Me: diagnosed type 2 diabetic last year. Initially on one metformin tablet a day, now on two metformin tablets and one jardiance a day. Horrific side effects (sorry in advance: this is graphic); liquid diarrhoea, no warning. I don’t know what’s causing it and haven’t yet been back to the doctor (my GP - Australian equivalent of primary care physician) to discuss but feel like I’m poisoning myself. Also extremely pissed off that despite making changes, cutting out full-fat Coke and stopping smoking, I haven’t lost any fucking weight.

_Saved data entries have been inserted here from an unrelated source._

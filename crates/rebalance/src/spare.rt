//! What one site can spare for another.

ghost use Rattle.std.specs.Prelude.{◌≡◌, ◌+◌, ◌/◌, ◌^◌, ◌<◌, ◌-◌, min};

/// What a site spares of its share where another wants some, in rights: all that is wanted, and at
/// most half of the share, rounded up. So a site that has any spares some. The share is below the
/// greatest `u64`. Costs no memory.
pub fn spare_amount(share: u64, want: u64) -> u64
    requires share { share < 2 ^ 64 - 1 }
    ensures half { result ≡ min want ((share + 1) / 2) }
{
    want.min((share + 1) / 2)
}
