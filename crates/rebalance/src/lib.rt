//! How sites share out what they hold: what one site spares for another, and the moves that make
//! the shares of all sites even.
//!
//! Source: Balegas and others 2015, where a site that lacks rights gets some from another; this
//! project for half a share, for the even plan, and for the proof that no plan moves less.
#![tactic(auto)]

mod even_plan;
mod spare;

pub use even_plan::{Move, plan_even};
pub use spare::spare_amount;
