impl<F: LogFile> Service<F> {
    /// The site, to be looked at. Costs no memory.
    pub fn site(&self) -> &Site<MemoryMedium, GhostHistory<Entry>>
        ensures value { result.now ≡ site_of self.now.served }
        ensures whole { self.now.served.let_go.told ≡ None → result.now.gone ≡ [] }
    {
        &self.site
    }

    /// What is told of what was let go of the log, or None where nothing ever was. Costs no memory.
    pub fn gone(&self) -> &Option<Gone>
        ensures value { result.now ≡ self.now.served.let_go.told }
    {
        &self.told
    }

    /// Whether a call of the file has failed, so that nothing is let out any more. Costs no memory.
    pub fn is_lost(&self) -> bool
        ensures value { result ≡ self.now.lost }
    {
        self.lost
    }

    /// Whether the commit of a transaction is in the log: so a client finds out whose answer didn't
    /// come. Where it is yes, the commit is safe once the log is settled, as before any answer is
    /// let out. Where nothing was let go it is yes or no. Else it is yes where the commit is among
    /// the records that are held, and else no, or forgotten where it may be among those that were
    /// let go. The error is want of memory. Costs a look-up, a step for each doubling of the number
    /// of commits; and for each record that came since the last question, since the opening, or
    /// since the log was shortened, a look at it, and for a commit 8 bytes, with room made by
    /// doubling: more where it stands behind the commit of a later transaction.
    pub fn has_kept(&mut self, alloc: Global, txn: TxnId) -> Result<CommitAnswer, AllocError>
        ensures kept { IfOk result (AnswersCommit (held_in self.old.served)
            self.old.served.let_go.told txn) }

        // It is right of all records of the log, those that were let go too.
        ensures right { IfOk result (IsRightOf self.old.served.site.bytes txn) }
        ensures same { self.new ≡ self.old }
    {
        let is_held = self.kept.holds(alloc, self.site.medium().bytes(), txn)?;
        Ok(commit_answer(&self.told, txn, is_held))
    }

    /// The transaction whose commit is in the log with this key, where one is: so a client finds out
    /// whose answer didn't come, and that no other commit with the key will be carried out. It is
    /// that of the last note of the key, and is safe as for `has_kept`. Where none is among the
    /// records that are held it is no, or forgotten where one may be among those that were let go:
    /// any may, unless a position is given behind which each commit with the key is, as of a later
    /// epoch or a greater number of its epoch, and the commits that were let go don't reach behind
    /// that. So whoever is to commit with a key writes a position down first, that of any transaction
    /// of the site so far. The error is want of memory. Costs a look-up of the key, and what
    /// `has_kept` costs.
    pub fn kept_key(
        &mut self,
        alloc: Global,
        key: Key<'_>,
        since: Option<TxnId>,
    ) -> Result<KeyAnswer, AllocError>
        ensures kept { IfOk result (AnswersKey (held_in self.old.served)
            self.old.served.let_go.told self.old.served.last key.entry.bytes.now since) }

        // Where it is no, no commit of a transaction behind the position was let go; nothing was,
        // where none is given.
        ensures right { IfOk result (IsRightOfKey self.old.served.let_go.gone since) }
        ensures same { self.new ≡ self.old }
    {
        let found = kept_with(
            alloc,
            &mut self.kept,
            &self.keys,
            self.site.medium().bytes(),
            key,
        )?;
        Ok(key_answer(&self.told, since, found))
    }

    /// Carries out a command; the line of its entry waits. Where memory is refused no answer waits;
    /// the command may have been carried out, as by a stop of which nobody sees the answer. Costs
    /// what the site's own step costs, and the text.
    pub fn apply(&mut self, alloc: Global, command: Command) -> Result<(), AllocError>
        ensures ok { OnOk result (HasApplied command self.old self.new) }
        ensures err { OnErr result (self.new.waiting ≡ self.old.waiting) }

        // Nothing of the site or of the keys is lost, also where memory is refused.
        ensures grows { Grows self.old.served.site self.new.served.site }
        ensures last { self.new.served.last ≡ self.old.served.last }
        ensures let_go { self.new.served.let_go ≡ self.old.served.let_go }
        ensures log { KeepsLog self.old self.new }
    {
        carry_out(alloc, &mut self.site, &mut self.waiting, command)
    }

    /// Answers a line, without its LF: the entry of the command that it asks of this site; or `bad
    /// line N WHY`, N the number of the line, from 1 since the service was opened. The answer
    /// waits. A commit with a key is carried out only where `kept_key` tells no, and else answered by
    /// what it tells: nothing has changed then. The answer to a line of more than 256 bytes is that to any other
    /// such line. Where memory is refused no answer waits; a command may have been carried out, and
    /// the key of a commit is noted then.
    pub fn answer(&mut self, alloc: Global, line: &[u8]) -> Result<(), AllocError>
        ensures ok { OnOk result (HasAnswered line.now self.old self.new) }
        ensures long { (whole : List ℕ) → max_line < length line.now → max_line < length whole
            → OnOk result (HasAnswered whole self.old self.new) }
        ensures err { OnErr result (self.new.waiting ≡ self.old.waiting) }

        // Where memory is refused all is as it was, or the line did what it does but for its text: no
        // commit with a key stands without its note.
        ensures left { OnErr result (LeavesAnswer self.old.served line.now self.new.served) }

        // Nothing of the site is lost, also where memory is refused.
        ensures grows { Grows self.old.served.site self.new.served.site }
        ensures let_go { self.new.served.let_go ≡ self.old.served.let_go }
        ensures log { KeepsLog self.old self.new }
    {
        self.lines = self.lines.wrapping_add(1);
        answer_line(
            alloc,
            &mut self.site,
            &mut self.kept,
            &mut self.keys,
            &self.told,
            &mut self.waiting,
            self.lines,
            line,
        )
    }

    /// Writes the text that waits behind a trace, and makes it safe there, by one sync where any
    /// waits. To be called once for a text, before the log is settled: so the log is never ahead of
    /// the trace. At the fault, a call of the trace's file failed, and what was safe of it still is.
    /// Costs no memory.
    pub fn write_trace<T: LogFile>(&self, trace: &mut T) -> Result<(), Device>
        ensures ok { OnOk result (HasTold (trace_of (T.bytes trace.old) (T.safe trace.old))
            (trace_of (T.bytes trace.new) (T.safe trace.new)) self.now.waiting) }
        ensures err { OnErr result (T.safe trace.new ≡ T.safe trace.old) }
        ensures uncut { T.least trace.new ≡ T.least trace.old }
    {
        if self.waiting.is_empty() {
            return Ok(());
        }
        match add_safely(trace, self.waiting.as_slice()) {
            Ok(()) => Ok(()),
            Err(FileFailed) => Err(Device),
        }
    }

    // Writes the trace, and then settles the log: where the trace fails, no more of the log is safe.
    fn settle_behind<T: LogFile>(&mut self, trace: &mut T) -> Result<(), Device>
        ensures ok { OnOk result (IsSettled self.new) }
        ensures safe { OnErr result (self.new.safe ≡ self.old.safe) }
        ensures front { (text : List ℕ) → IsCopyOf self.old.log text → IsCopyOf self.old.safe text
            → OnOk result (IsSafe self.new.safe text) }
        ensures least { self.new.least ≡ self.old.least }
        ensures served { self.new.served ≡ self.old.served }
        ensures waiting { self.new.waiting ≡ self.old.waiting }
        ensures told { OnOk result (HasTold (trace_of (T.bytes trace.old) (T.safe trace.old))
            (trace_of (T.bytes trace.new) (T.safe trace.new)) self.old.waiting) }
        ensures kept { OnErr result (HasKept (trace_of (T.bytes trace.old) (T.safe trace.old))
            (trace_of (T.bytes trace.new) (T.safe trace.new)) []) }
        ensures uncut { T.least trace.new ≡ T.least trace.old }
    {
        self.write_trace(trace)?;
        self.settle()
    }

    // Restarts the site, tells that to the trace, and settles the log.
    fn restart<T: LogFile>(&mut self, alloc: Global, trace: &mut T) -> Result<(), OpenFault>
        ensures ok { OnOk result (HasApplied Command.Restart self.old self.new) }
        ensures settled { OnOk result (IsSettled self.new) }
        ensures line { IfErr result (λ fault. (n : ℕ) → fault ≡ OpenFault.Line n → ⊥) }
        ensures grows { Grows self.old.served.site self.new.served.site }
        ensures safe { OnErr result (self.new.safe ≡ self.old.safe) }
        ensures front { (text : List ℕ) → IsCopyOf self.old.log text → IsCopyOf self.old.safe text
            → OnOk result (IsSafe self.new.safe text) }
        ensures least { self.new.least ≡ self.old.least }
        ensures told { OnOk result (HasTold (trace_of (T.bytes trace.old) (T.safe trace.old))
            (trace_of (T.bytes trace.new) (T.safe trace.new)) self.new.waiting) }
        ensures kept { OnErr result (HasKept (trace_of (T.bytes trace.old) (T.safe trace.old))
            (trace_of (T.bytes trace.new) (T.safe trace.new)) []) }
        ensures uncut { T.least trace.new ≡ T.least trace.old }
    {
        self.apply(alloc, Command::Restart)?;
        match self.settle_behind(trace) {
            Ok(()) => Ok(()),
            Err(Device) => Err(OpenFault::Device),
        }
    }

    /// Brings the log to what the medium holds, and to the notes of all keys, by one sync where that is
    /// more than it has: at Ok the record of each answer so far is safe, and so is the key of each
    /// commit, whose note stands in front of the records that are new. At the fault, which is a
    /// fault of the file in this call or an earlier one, nothing is let out any more; what was safe
    /// still is. Costs no memory.
    pub fn settle(&mut self) -> Result<(), Device>
        ensures ok { OnOk result (IsSettled self.new) }
        ensures err { OnErr result (self.new.lost ≡ true) }
        ensures safe { OnErr result (self.new.safe ≡ self.old.safe) }

        // What the log gets are lines of notes, and the records behind them: so no front of that has
        // a record without its note.
        ensures order { (text : List ℕ) → IsCopyOf self.old.log text → OnOk result (AddsNotesFirst
            self.new.log text self.old.settled (held_in self.old.served)) }

        // A text that the log held, all safe, stands in it still, and maybe more behind it.
        ensures front { (text : List ℕ) → IsCopyOf self.old.log text → IsCopyOf self.old.safe text
            → OnOk result (IsSafe self.new.safe text) }
        ensures lost { self.old.lost ≡ true → self.new.lost ≡ true }
        ensures least { self.new.least ≡ self.old.least }
        ensures served { self.new.served ≡ self.old.served }
        ensures waiting { self.new.waiting ≡ self.old.waiting }
    {
        if self.lost {
            return Err(Device);
        }
        let held = self.site.medium().bytes();
        let all = held.len();
        if self.settled == all && self.keys.is_logged() {
            return Ok(());
        }
        match add_both(&mut self.log, self.keys.lines(), &held[self.settled..]) {
            Ok(()) => {
                self.settled = all;
                self.keys.clear_lines();
                Ok(())
            }
            Err(FileFailed) => {
                self.lost = true;
                Err(Device)
            }
        }
    }

    /// Settles the log, and then writes the text that waits: all of it at Ok. The faults are
    /// `Device`, at which the writer wasn't called, and `Write`, at which a front of the text was
    /// written; none waits then, so that no answer is written twice. Costs no memory.
    pub fn release<W: Sink>(&mut self, writer: &mut W) -> Result<(), ServeFault>
        ensures ok { OnOk result (LetsOut (W.bytes writer.old) (W.bytes writer.new)
            self.old self.new) }
        ensures err { IfErr result (HoldsBack (W.bytes writer.old) (W.bytes writer.new)
            self.old self.new) }

        // At a device fault the writer is as it was.
        ensures untouched { IfErr result (λ fault. fault ≡ ServeFault.Device
            → writer.new ≡ writer.old) }

        // Once a call of the file has failed nothing is let out any more.
        ensures lost { self.old.lost ≡ true → self.new.lost ≡ true }
        ensures least { self.new.least ≡ self.old.least }
        ensures served { self.new.served ≡ self.old.served }
        ensures refused { IfErr result (λ fault. fault ≡ ServeFault.Write
            → HasRefused (W.last writer.new)) }
        ensures writes { CountsWrites result (W.refusals writer.old) (W.refusals writer.new) }
    {
        self.settle()?;
        let_out(&mut self.waiting, writer)
    }
}
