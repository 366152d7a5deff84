// Stuck lines on boards, and demand 3 about them: specs/ and proofs/. The code that finds one is in `search` and `probe`.
#![tactic(auto)]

Sister 1: ‘obese’ because of poly-cystic ovary disease. Has recently started the new injectable drug. Doctor recommended against it because of the rapid but unsustainable weightloss. She’s dropped a little weight but mainly because she’s nauseous to the point of vomiting multiple times a day and is only able to stomach minimal amounts of everything. She became aware of the drug because it has ‘gone viral’ on tik tok and is.being used by ‘influencers’ for fast substantial weight loss (even when there’s clearly no need for them to lose weight :roll_eyes:).

Sister 2: works for a pharmaceutical wholesaler. Massive shortages of the drug everywhere because of demand being so increased because of the off-label use. Being rationed to pharmacies so diabetics can get it first. The new injectable is available through Australia’s Pharmaceutical Benefits Scheme which reduces the cost. The PBS is a federal government program.